1Cademy - Derivation of the Gradient Descent Formula

Learn Before

(Batch) Gradient Descent (Deep Learning Optimization Algorithm)

Concept

Derivation of the Gradient Descent Formula

The gradient $\nabla_x f(x)$ of a scalar function $f(x_1, x_2, x_3, ..., x_n)$ is defined as the unique vector field whose dot product with any vector $v$ at each point $x$ is the directional derivative of $f$ along $v$ . That is, $\nabla_x f(x) \cdot v = \nabla_v f(x)$

The directional derivative in direction $v$ (a unit vector) is the slope of the function $f$ in direction $v$ , namely the rate of increase of $f$ per unit of distance moved in the direction given by $v$ .
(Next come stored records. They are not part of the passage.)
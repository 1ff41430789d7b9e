// The charging host for C, behind the functions of include/logwhisker.h: numbers, slices and references to arrays only.
// Assumes of a caller that pointers and lengths are right. It promises what the library's face does, with answers as
// words and with what is due written (host_answer/specs/Due.antt).
ghost use Rattle.std.specs.Prelude.{◌≡◌, get_or};
ghost use Rattle.host.specs.Host.{LeavesWords, answer_words, answer_of};
ghost use Rattle.host_answer.specs.Due.{due_number, written_where_due};
ghost use Rattle.host_words.specs.Describing.{description as description_of};
ghost use Rattle.host_words.specs.Words.{pair_of};
ghost use Rattle.logwhisker.specs.Face.{
  host_opened,
  received,
  acknowledgement,
  host_stored,
  buffer_filled,
  host_restored,
};

use logwhisker::{FrameNo, refusal_number};

// Opens a host: 0, or 13 where an ID is 0.
#[unsafe(no_mangle)]
pub extern "C" fn lw_raw_host_open(words: &mut [u64; 67], own: u16, peer: u16) -> u32
    ensures value { result ≡ (host_opened own peer).refusal.number }
    ensures words_after { pair_of words.new ≡ (host_opened own peer).pair }
{
    let opened = logwhisker::open_host(words, own, peer);
    u32::from(refusal_number(&opened))
}

// Receives a frame, and answers the kind of the answer, whose words are written.
#[unsafe(no_mangle)]
pub extern "C" fn lw_raw_host_receive(
    words: &mut [u64; 67],
    frame: &[u8],
    memory: &mut [u8],
    answer: &mut [u64; 8],
) -> u32
    ensures value { result
        ≡ get_or (answer_words (received words.old frame.now memory.old).answer) 0 0 }
    ensures words_after { pair_of words.new
        ≡ (received words.old frame.now memory.old).pair }
    ensures memory_after { memory.new
        ≡ (received words.old frame.now memory.old).memory }
    ensures answer_after { answer.new
        ≡ answer_words (received words.old frame.now memory.old).answer }
    ensures leaves_words { LeavesWords (received words.old frame.now memory.old).answer
        words.old words.new }
{
    let a = logwhisker::receive(words, frame, memory);
    logwhisker::put_answer(answer, a);
    logwhisker::kind_of(a)
}

// Writes the acknowledgement that an answer calls for and answers 1; where it calls for none nothing is written and the
// answer is 0.
#[unsafe(no_mangle)]
pub extern "C" fn lw_raw_host_acknowledge(
    words: &[u64; 67],
    answer: &[u64; 8],
    number: u16,
    frame: &mut [u8; 10],
) -> u32
    ensures value { result
        ≡ due_number (acknowledgement words.now
        (answer_of (get_or answer.now 0 0) (get_or answer.now 1 0) (get_or answer.now 7 0))
        number) }
    ensures frame_after { frame.new
        ≡ written_where_due (acknowledgement words.now
        (answer_of (get_or answer.now 0 0) (get_or answer.now 1 0) (get_or answer.now 7 0))
        number)
        frame.old }
{
    let kind = answer[0];
    let answered = answer[1];
    let run = answer[7];
    let ack = logwhisker::acknowledge_words(words, kind, answered, run, FrameNo(number));
    logwhisker::put_acknowledgement(frame, ack)
}

// Describes a host: IDs, windows, and the open transactions, nearest the lowest first.
#[unsafe(no_mangle)]
pub extern "C" fn lw_raw_host_describe(words: &[u64; 67], description: &mut [u64; 167])
    ensures { description.new ≡ description_of (pair_of words.now) }
{
    *description = logwhisker::describe_host(words);
}

// Stores a host's pair as text: 0 and the text's length, or 13 or 19 and 0.
#[unsafe(no_mangle)]
pub extern "C" fn lw_raw_host_store(words: &[u64; 67], text: &mut [u8], length: &mut usize) -> u32
    ensures value { result ≡ (host_stored words.now text.old).refusal }
    ensures text_after { text.new ≡ buffer_filled words.now text.old }
    ensures length_after { length.new ≡ (host_stored words.now text.old).length }
{
    let stored = logwhisker::store_host(words, text);
    *length = stored.unwrap_or(0);
    u32::from(refusal_number(&stored))
}

// Reads a host's pair back from its text: 0, or 15.
#[unsafe(no_mangle)]
pub extern "C" fn lw_raw_host_restore(words: &mut [u64; 67], text: &[u8]) -> u32
    ensures value { result ≡ (host_restored text.now).refusal.number }
    ensures words_after { pair_of words.new ≡ (host_restored text.now).pair }
{
    let restored = logwhisker::restore_host(words, text);
    u32::from(refusal_number(&restored))
}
To minimize $f$ , we would like to ﬁnd the direction in which $f$ decreases the fastest. We can do this using the directional derivative: $\min_{v, v^Tv = 1} \nabla_x f(x) \cdot v= \min_{v, v^Tv = 1} ||\nabla_x f(x)||_2 ||v||_2 \cos \theta$ where θ is the angle between $v$ and the gradient. Substituting in $||v||_2= 1$ and ignoring factors that do not depend on $v$ , this simpliﬁes to $\min_{v}cos θ$ .

This is minimized when $v$ points in the opposite direction as the gradient. In otherwords, the gradient points directly uphill, and the negative gradient points directly down hill. We can decrease $f$ by moving in the direction of the negative gradient.

Hence we have $x' = x-\alpha \frac{df(x)}{dx}$ where $\alpha$ is the learning rate, a positive scalar determining the size of the step.